With its efficacy in the treatment of coronary ISR, implementation of DEB technology for the treatment of renal artery ISR is extremely appealing. Certainly, differences in the local flow pattern and shear stress magnitude influence the ultrastructure of different arteries in the same individual and the progression and composition of atherosclerotic plaques . However, despite that ISR in renal artery continues to occur beyond the 6-month window typically characterizing bare-metal stent restenosis in the coronary circulation, in both vascular territories, ISR appears to depend on a common pathophysiologic mechanism leading to neointimal hypeplasia .
On the other hand, ISR in renal arteries may be characterized by a greater amount of neointima due to the generally larger diameter of these vessels compared to coronary arteries, potentially hampering the efficacy of DEB treatment in vessels with a caliber greater to the average diameter of coronary arteries where this technology has proved to be effective. However, ISR is associated with smaller renal artery diameters thus making this limitation virtually pointless . Also, the excellent results of DEB treatment of ISR involving femoral arteries further support the use of DEB in the treatment of ISR independently from the size of the artery .

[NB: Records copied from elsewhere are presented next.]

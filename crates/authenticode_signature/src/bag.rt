//! The certificates of owned signed data.

ghost use Rattle.std.specs.Prelude.{map, IfOk, MatchOption};
ghost use Rattle.cms_types.specs.CertificateChoices.{certificate_choice};
ghost use Rattle.x509_types.specs.CertificateElements.{CertificateElements};
ghost use Rattle.authenticode_parts.specs.Carried.{elements_of};
ghost use Rattle.authenticode_core.specs.CertificateBag.{IsBag, IsMember};

use cms_types::CertificateChoices;
use der_core::Raw;
use std::alloc::{AllocError, Global};
use x509_core::Cert;
use x509_types::CertView;

/// The members that are certificates, in order.
pub(crate) fn certificates_of(
    alloc: Global,
    members: &[CertificateChoices],
) -> Result<Vec<Cert>, AllocError>
    ensures { IfOk result (λ certificates. IsBag (map certificate_choice members.now)
        (elements_of certificates.items)) }
{
    let mut certificates = Vec::new(alloc);
    let mut rest = members;
    while let Some((member, others)) = rest.split_first() {
        if let Some(certificate) = certificate_at(alloc, member.element())? {
            certificates.push(certificate)?;
        }
        rest = others;
    }
    Ok(certificates)
}

/// The certificate in an element, None if it is none. The element is tested before anything is
/// allocated.
fn certificate_at(alloc: Global, element: &Raw) -> Result<Option<Cert>, AllocError>
    ensures { IfOk result (λ found. MatchOption found
        ((c : CertificateElements) → IsMember element.now.element c → ⊥)
        (λ certificate. IsMember element.now.element certificate.elements)) }
{
    let Some(_view) = CertView::read(element.elem()) else {
        return Ok(None);
    };
    match Cert::from_der(alloc, element.as_bytes()) {
        Ok(certificate) => Ok(Some(certificate)),
        Err(_) => Err(AllocError),
    }
}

The mechanism of action of DEB relies on the rapid and homogenous diffusion of the antiproliferative agent paclitaxel to the vessel wall during a 30- to 60-second inflation without the harm of a new metallic layer . A molecular binder on the surface of the DEB prevents paclitaxel loss during balloon tracking while enhancing drug transfer. The DIOR II generation implements Shellac as a binder, which is a natural bioadhesive polymer. Paclitaxel persists in the vessel wall at an effective concentration for a couple of weeks allowing inhibition of vascular smooth muscle cell proliferation during the period of the biological response to the barotrauma caused by balloon inflation . Precisely, paclitaxel acts by binding to cellular microtubules thus stabilizing their structure between the mitosis’ metaphase and anaphase thus inducing cellular death .
To pursue good long-lasting results, optimal lesion preparation prior to DEB angioplasty is considered crucial. To this aim we used a novel device, namely the VIBE catheter, consisting of a semi-compliant balloon mounted a few millimeters distally to a 20-MHz electronic ultrasound transducer, thus allowing for IVUS-targeted balloon inflation with a single catheter. Moreover, optimal imaging of the implanted stent was also crucial to allow effective DEB angioplasty, since no manufacturer had produced a DEB suitable for typical sizes of renal arteries at the time the case has been performed.